I certainly didn't want to, it was 35 when I left the house this morning.

Reactions: Like 1 | Funny 1 | Sincere 2


----------



## sprucegum (Dec 16, 2020)

35 ? That's just flannel shirt weather around here and not even that if you're working and the wind ain't blowing.

Reactions: Agree 3


----------



## DLJeffs (Dec 16, 2020)

sprucegum said:


> Could be but it is common practice in the plumbing trade. Commercial jobs require pressure test for any pipes that will go under concrete. I won't pour concrete over radiant piping that is not under pressure.


Totally agree - I won't backfill a sprinkler head until I turn the water back on and check for leaks. I suspect it has become common practice in plumbing because the pressures are probably far below the rated burst pressure of the pipe/tubing. And air is faster and cheaper to use as a pressurizing agent, and an air leak is way easier to clean up than a water leak. Without getting overly technical, if you put 30psi of air in a closed pipe, and keep the temperature the same, the volume of air in that pipe is over twice what it would be naturally (1 atmosphere is around 14.7psi depending on altitude; so 30 psi is a little over twice that). The rated burst pressure of typical copper tubing is around 2600 psi give or take a few psi. So most of the time there is no problem. The trouble arises when there are defects in the tubing or anywhere else in the piping system. When it fails, it fails very rapidly. Picture a balloon when it pops. The air pressure in a balloon is typically a very tiny fraction of atmospheric pressure.

I just wanted to put it out there that if anyone is considering using air to pressure test something, be very careful. That's why they put tires in heavy gage wire cages when they pressure test them.

Reactions: Like 1


----------



## sprucegum (Dec 16, 2020)

DLJeffs said:


> That's why they put tires in heavy gage wire cages when they pressure test them.


Saw one of those blow apart. That's exciting. Yes water is a pain if you have a leak in a solder joint. You can't melt solder with a drop of water in the joint.

Reactions: Agree 1


----------



## eaglea1 (Dec 16, 2020)

@Karl_TN "since my garage slab is always cold in the winter" You should feel our floors up here in winter, and yes
I agree with you about wishing I would have put in a heated floor. Always 20/20 hindsight. I'm running a mini split 
system with a propane heater, and using 3/4" rubber cow mats to keep off the concrete. When it gets serious cold
such as 0 - 20 deg. then I will put some toe heaters in the shoes. LOL

Reactions: Like 1


----------



## sprucegum (Dec 16, 2020)

A mini split is a nice way to go because of the àc option in the summer. Retro fitting the floor for radiant is not out of the question if you can spare a little headroom. I have never used electric radiant but that might be a option to just take the chill off the floor.

Reactions: Agree 1


----------



## trc65 (Dec 16, 2020)

It got up to 30° today, so it wasn't too bad in the shop, although the cats kept huddling around my feet or trying to sit on the bench in front of the heater. 

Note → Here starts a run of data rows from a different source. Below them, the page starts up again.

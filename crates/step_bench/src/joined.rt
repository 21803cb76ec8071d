//! The steps from texts to a design.

use crate::texts::Texts;
use crate::watch::{Answer, Watch};
use book_design::{Design, join_design};
use book_files::{WeightFile, read_nets, read_nodes, read_pl, read_scl, read_wts};
use std::alloc::Global;

/// Reads the texts, and joins them.
pub fn joined<'a>(alloc: Global, watch: &mut Watch<'_>, texts: &'a Texts) -> Answer<Design<'a>> {
    let Ok(nodes) = read_nodes(alloc, &texts.nodes) else {
        return Err("the nodes aren't read");
    };
    watch.end("read nodes", &nodes)?;
    let Ok(nets) = read_nets(alloc, &texts.nets) else {
        return Err("the nets aren't read");
    };
    watch.end("read nets", &nets)?;
    let weights = weights(alloc, watch, texts.wts.as_deref())?;
    watch.begin()?;
    let Ok(places) = read_pl(alloc, &texts.pl) else {
        return Err("the places aren't read");
    };
    watch.end("read pl", &places)?;
    let Ok(rows) = read_scl(alloc, &texts.scl) else {
        return Err("the rows aren't read");
    };
    watch.end("read scl", &rows)?;
    let Ok(design) = join_design(alloc, &nodes, &nets, weights.as_ref(), &places, &rows) else {
        return Err("the files aren't joined");
    };
    watch.end("join", &design)?;
    Ok(design)
}

/// Reads the weights, where there are any.
fn weights<'a>(
    alloc: Global,
    watch: &mut Watch<'_>,
    text: Option<&'a [u8]>,
) -> Answer<Option<WeightFile<'a>>> {
    let Some(text) = text else {
        return Ok(None);
    };
    let Ok(weights) = read_wts(alloc, text) else {
        return Err("the weights aren't read");
    };
    watch.end("read wts", &weights)?;
    Ok(Some(weights))
}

Havent even had to break out the insulated bibs yet.

Reactions: Like 1 | Funny 1 | Sincere 1


----------



## sprucegum (Dec 19, 2020)

It was 2 above zero this morning, probably around 10 now. Hate to brag but check out my new shop shoes. Ok I'm bragging but I can't help  it.

Reactions: Funny 3 | Way Cool 2


----------



## Nubsnstubs (Dec 19, 2020)

sprucegum said:


> It was 2 above zero this morning, probably around 10 now. Hate to brag but check out my new shop shoes. Ok I'm bragging but I can't help  it.
> 
> View attachment 198353


Dave, that's almost like those Florida boys' shoes. Theirs has a lot less material around the toes than yours, though. It's 43 now here in Tucson, and I had to go inside. I'm freeeezin. Too bad there isn't a pansy smilie. I'd use it in this case after hearing about your temps.. ..... Jerry (in Tucson)

Reactions: Funny 2


----------



## sprucegum (Dec 19, 2020)

Nubsnstubs said:


> Dave, that's almost like those Florida boys' shoes. Theirs has a lot less material around the toes than yours, though. It's 43 now here in Tucson, and I had to go inside. I'm freeeezin. Too bad there isn't a pansy smilie. I'd use it in this case after hearing about your temps.. ..... Jerry (in Tucson)


Crocks are so comfortable on a concrete floor but they don't offer much protection if you drop your hammer. My wife got me some new ones for my birthday, think I will keep the old ones in the shop. A radiant floor really doesn't get very hot but if you work on one with winter boots on it gets uncomfortable pretty fast. My old shop was over a unheated garage, it could be nice and warm at head level and cold as ice on the floor.


----------